**Collected data entries:**
/// Returns the words of four blocks at once (RFC 8439, 2.3): vector i has word i of each block, and lane j has the block with the
/// counter `counter + j`, if `start` has the states from which these blocks start, as [`set_four_starts`] sets them. Afterwards
/// `start` has the states of the next four, so a long text sets them once. Steps of `work` are done at the same time.
///
/// The caller shows that the last of the four counters is below 2^32, so that no block past counter 2^32 - 1 is computed.
#[inline(always)]
pub fn four_blocks<W: Work>(start: &mut [u32x4; 16], work: &mut W) -> [u32x4; 16]
    requires { AreStarts 4 start.old }
    ensures blocks { (key nonce : List ℕ) (counter : ℕ) → HasStarts 4 start.old key counter nonce
        → counter + 3 < 2 ^ 32 → HasBlocks 4 result key counter nonce }
    ensures next { (key nonce : List ℕ) (counter : ℕ) → HasStarts 4 start.old key counter nonce
        → HasStarts 4 start.new key (counter + 4) nonce }
    ensures work { (w : W) → W.reaches w work.old → W.reaches w work.new }
{
    next_blocks(start, work)
}

// Eight counters, one in each lane.
#[inline(always)]
pub(crate) fn eight_counters(counter: u32) -> u32x8
    requires { counter + 7 < 2 ^ 32 }
    ensures { (j : ℕ) → j < 8 → slice_index result j ≡ counter + j }
{
    u32x8::from_array([
        counter,
        counter + 1,
        counter + 2,
        counter + 3,
        counter + 4,
        counter + 5,
        counter + 6,
        counter + 7,
    ])
}

// The first four lanes of both vectors.
#[inline(always)]
pub(crate) fn low_halves(a: u32x8, b: u32x8) -> u32x8
    ensures { result ≡ four_from 0 a ++ four_from 0 b }
{
    a.shuffle(b, [0, 1, 2, 3, 8, 9, 10, 11])
}

// The last four lanes of both vectors.
#[inline(always)]
pub(crate) fn high_halves(a: u32x8, b: u32x8) -> u32x8
    ensures { result ≡ four_from 4 a ++ four_from 4 b }
{
    a.shuffle(b, [4, 5, 6, 7, 12, 13, 14, 15])
}

// Lane j of the four vectors becomes vector j.
#[inline(always)]
fn transposed(a: u32x4, b: u32x4, c: u32x4, d: u32x4) -> (u32x4, u32x4, u32x4, u32x4)
    ensures first { result.0 ≡ slice_index a 0 ∷ slice_index b 0 ∷ slice_index c 0 ∷ slice_index d 0 ∷ [] }
    ensures second { result.1 ≡ slice_index a 1 ∷ slice_index b 1 ∷ slice_index c 1 ∷ slice_index d 1 ∷ [] }
    ensures third { result.2 ≡ slice_index a 2 ∷ slice_index b 2 ∷ slice_index c 2 ∷ slice_index d 2 ∷ [] }
    ensures fourth { result.3 ≡ slice_index a 3 ∷ slice_index b 3 ∷ slice_index c 3 ∷ slice_index d 3 ∷ [] }
{
    let (ac_low, ac_high) = a.interleave(c);
    let (bd_low, bd_high) = b.interleave(d);
    let (first, second) = ac_low.interleave(bd_low);
    let (third, fourth) = ac_high.interleave(bd_high);
    (first, second, third, fourth)
}

// The first two words of both vectors in turn, in each half of the lanes.
#[inline(always)]
fn low_words(a: u32x8, b: u32x8) -> u32x8
    ensures { result ≡ slice_index a 0 ∷ slice_index b 0 ∷ slice_index a 1 ∷ slice_index b 1
        ∷ slice_index a 4 ∷ slice_index b 4 ∷ slice_index a 5 ∷ slice_index b 5 ∷ [] }
{
    a.shuffle(b, [0, 8, 1, 9, 4, 12, 5, 13])
}

// The last two words of both vectors in turn, in each half of the lanes.
#[inline(always)]
fn high_words(a: u32x8, b: u32x8) -> u32x8
    ensures { result ≡ slice_index a 2 ∷ slice_index b 2 ∷ slice_index a 3 ∷ slice_index b 3
        ∷ slice_index a 6 ∷ slice_index b 6 ∷ slice_index a 7 ∷ slice_index b 7 ∷ [] }
{
    a.shuffle(b, [2, 10, 3, 11, 6, 14, 7, 15])
}

// Lanes j and 4 + j of the four vectors become vector j: processors with vectors of 32 bytes move words within each
// half of one.
#[inline(always)]
fn transposed_halves(a: u32x8, b: u32x8, c: u32x8, d: u32x8) -> (u32x8, u32x8, u32x8, u32x8)
    ensures first { result.0 ≡ slice_index a 0 ∷ slice_index b 0 ∷ slice_index c 0 ∷ slice_index d 0
        ∷ slice_index a 4 ∷ slice_index b 4 ∷ slice_index c 4 ∷ slice_index d 4 ∷ [] }
    ensures second { result.1 ≡ slice_index a 1 ∷ slice_index b 1 ∷ slice_index c 1 ∷ slice_index d 1
        ∷ slice_index a 5 ∷ slice_index b 5 ∷ slice_index c 5 ∷ slice_index d 5 ∷ [] }
    ensures third { result.2 ≡ slice_index a 2 ∷ slice_index b 2 ∷ slice_index c 2 ∷ slice_index d 2
        ∷ slice_index a 6 ∷ slice_index b 6 ∷ slice_index c 6 ∷ slice_index d 6 ∷ [] }
    ensures fourth { result.3 ≡ slice_index a 3 ∷ slice_index b 3 ∷ slice_index c 3 ∷ slice_index d 3
        ∷ slice_index a 7 ∷ slice_index b 7 ∷ slice_index c 7 ∷ slice_index d 7 ∷ [] }
{
    let (ac_low, ac_high) = (low_words(a, c), high_words(a, c));
    let (bd_low, bd_high) = (low_words(b, d), high_words(b, d));
    (
        low_words(ac_low, bd_low),
        high_words(ac_low, bd_low),
        low_words(ac_high, bd_high),
        high_words(ac_high, bd_high),
    )
}

// The words of the lanes, each with its lowest byte first.
#[inline(always)]
pub(crate) fn bytes_of(lanes: u32x4) -> [u8; 16]
    ensures { result ≡ serialized lanes }
{
    lanes.to_le_bytes().to_array()
}

// XORs four words, serialized, into the 16 bytes that start at offset `at`.
#[inline(always)]
fn xor_at(bytes: &mut [u8], at: usize, words: u32x4)
    requires { at + 16 ≤ length bytes.old }
    ensures { bytes.new ≡ take at bytes.old ++ xor_bytes (take 16 (drop at bytes.old)) (serialized words)
        ++ drop (at + 16) bytes.old }
{
    xor_into(&mut bytes[at..at + 16], &bytes_of(words));
}

// The words of eight lanes, each with its lowest byte first.
#[inline(always)]
pub(crate) fn bytes_of_eight(lanes: u32x8) -> u8x32
    ensures { result ≡ serialized lanes }
{
    lanes.to_le_bytes()
}

// XORs 32 bytes into 32 others at once.
#[inline(always)]
pub(crate) fn xor_thirty_two(bytes: &mut [u8], by: u8x32)
    requires { length bytes.old ≡ 32 }
    ensures { bytes.new ≡ xor_bytes bytes.old by }
{
    let sum = Simd::from_slice(bytes) ^ by;
    sum.copy_to_slice(bytes);
}

// XORs eight words, serialized, into the 32 bytes that start at offset `at`.
#[inline(always)]
fn xor_eight_at(bytes: &mut [u8], at: usize, words: u32x8)
    requires { at + 32 ≤ length bytes.old }
    ensures { bytes.new ≡ take at bytes.old ++ xor_bytes (take 32 (drop at bytes.old)) (serialized words)
        ++ drop (at + 32) bytes.old }
{
    xor_thirty_two(&mut bytes[at..at + 32], bytes_of_eight(words));
}

// XORs the words of each lane, serialized, into the block of bytes of that lane.
#[inline(always)]
fn xor_lanes(
    x: &[u32x4; 16],
    first: &mut [u8],
    second: &mut [u8],
    third: &mut [u8],
    fourth: &mut [u8],
)
    requires front { (length first.old ≡ 64) × (length second.old ≡ 64) }
    requires back { (length third.old ≡ 64) × (length fourth.old ≡ 64) }
    ensures first { first.new ≡ xor_bytes first.old (serialized (lane 0 x.now)) }
    ensures second { second.new ≡ xor_bytes second.old (serialized (lane 1 x.now)) }
    ensures third { third.new ≡ xor_bytes third.old (serialized (lane 2 x.now)) }
    ensures fourth { fourth.new ≡ xor_bytes fourth.old (serialized (lane 3 x.now)) }
{
    'quads: for q in 0..4 {
        let (a, b, c, d) = transposed(x[4 * q], x[4 * q + 1], x[4 * q + 2], x[4 * q + 3]);
        xor_at(first, 16 * q, a);
        xor_at(second, 16 * q, b);
        xor_at(third, 16 * q, c);
        xor_at(fourth, 16 * q, d);
    }
}

// XORs the words of the lanes, serialized one lane after the other, into 256 bytes.
#[inline(always)]
pub(crate) fn xor_serialized(x: &[u32x4; 16], bytes: &mut [u8])
    requires { length bytes.old ≡ 256 }
    ensures { (key nonce : List ℕ) (counter : ℕ) → HasBlocks 4 x.now key counter nonce
        → bytes.new ≡ masked (key_stream_byte key nonce counter) 0 bytes.old }
{
    let (front, back) = bytes.split_at_mut(128);
    let (first, second) = front.split_at_mut(64);
    let (third, fourth) = back.split_at_mut(64);
    xor_lanes(x, first, second, third, fourth);
}

// XORs the words of each of eight lanes, serialized, into the block of bytes of that lane.
#[inline(always)]
fn xor_eight_lanes(
    x: &[u32x8; 16],
    first: &mut [u8],
    second: &mut [u8],
    third: &mut [u8],
    fourth: &mut [u8],
    fifth: &mut [u8],
    sixth: &mut [u8],
    seventh: &mut [u8],
    eighth: &mut [u8],
)
    requires front { (length first.old ≡ 64) × (length second.old ≡ 64) × (length third.old ≡ 64)
        × (length fourth.old ≡ 64) }
    requires back { (length fifth.old ≡ 64) × (length sixth.old ≡ 64) × (length seventh.old ≡ 64)
        × (length eighth.old ≡ 64) }
    ensures first { first.new ≡ xor_bytes first.old (serialized (lane 0 x.now)) }
    ensures second { second.new ≡ xor_bytes second.old (serialized (lane 1 x.now)) }
    ensures third { third.new ≡ xor_bytes third.old (serialized (lane 2 x.now)) }
    ensures fourth { fourth.new ≡ xor_bytes fourth.old (serialized (lane 3 x.now)) }
    ensures fifth { fifth.new ≡ xor_bytes fifth.old (serialized (lane 4 x.now)) }
    ensures sixth { sixth.new ≡ xor_bytes sixth.old (serialized (lane 5 x.now)) }
    ensures seventh { seventh.new ≡ xor_bytes seventh.old (serialized (lane 6 x.now)) }
    ensures eighth { eighth.new ≡ xor_bytes eighth.old (serialized (lane 7 x.now)) }
{
    'eights: for q in 0..2 {
        let (a, b, c, d) = transposed_halves(x[8 * q], x[8 * q + 1], x[8 * q + 2], x[8 * q + 3]);
        let (e, f, g, h) = transposed_halves(
            x[8 * q + 4],
            x[8 * q + 5],
            x[8 * q + 6],
            x[8 * q + 7],
        );
        xor_eight_at(first, 32 * q, low_halves(a, e));
        xor_eight_at(second, 32 * q, low_halves(b, f));
        xor_eight_at(third, 32 * q, low_halves(c, g));
        xor_eight_at(fourth, 32 * q, low_halves(d, h));
        xor_eight_at(fifth, 32 * q, high_halves(a, e));
        xor_eight_at(sixth, 32 * q, high_halves(b, f));
        xor_eight_at(seventh, 32 * q, high_halves(c, g));
        xor_eight_at(eighth, 32 * q, high_halves(d, h));
    }
}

**Activity:**
Each line above with the word "vectors" needs to be copied.

**Response for this exercise:**
// The first four lanes of both vectors.
// The last four lanes of both vectors.
// Lane j of the four vectors becomes vector j.
// The first two words of both vectors in turn, in each half of the lanes.
// The last two words of both vectors in turn, in each half of the lanes.
// Lanes j and 4 + j of the four vectors become vector j: processors with vectors of 32 bytes move words within each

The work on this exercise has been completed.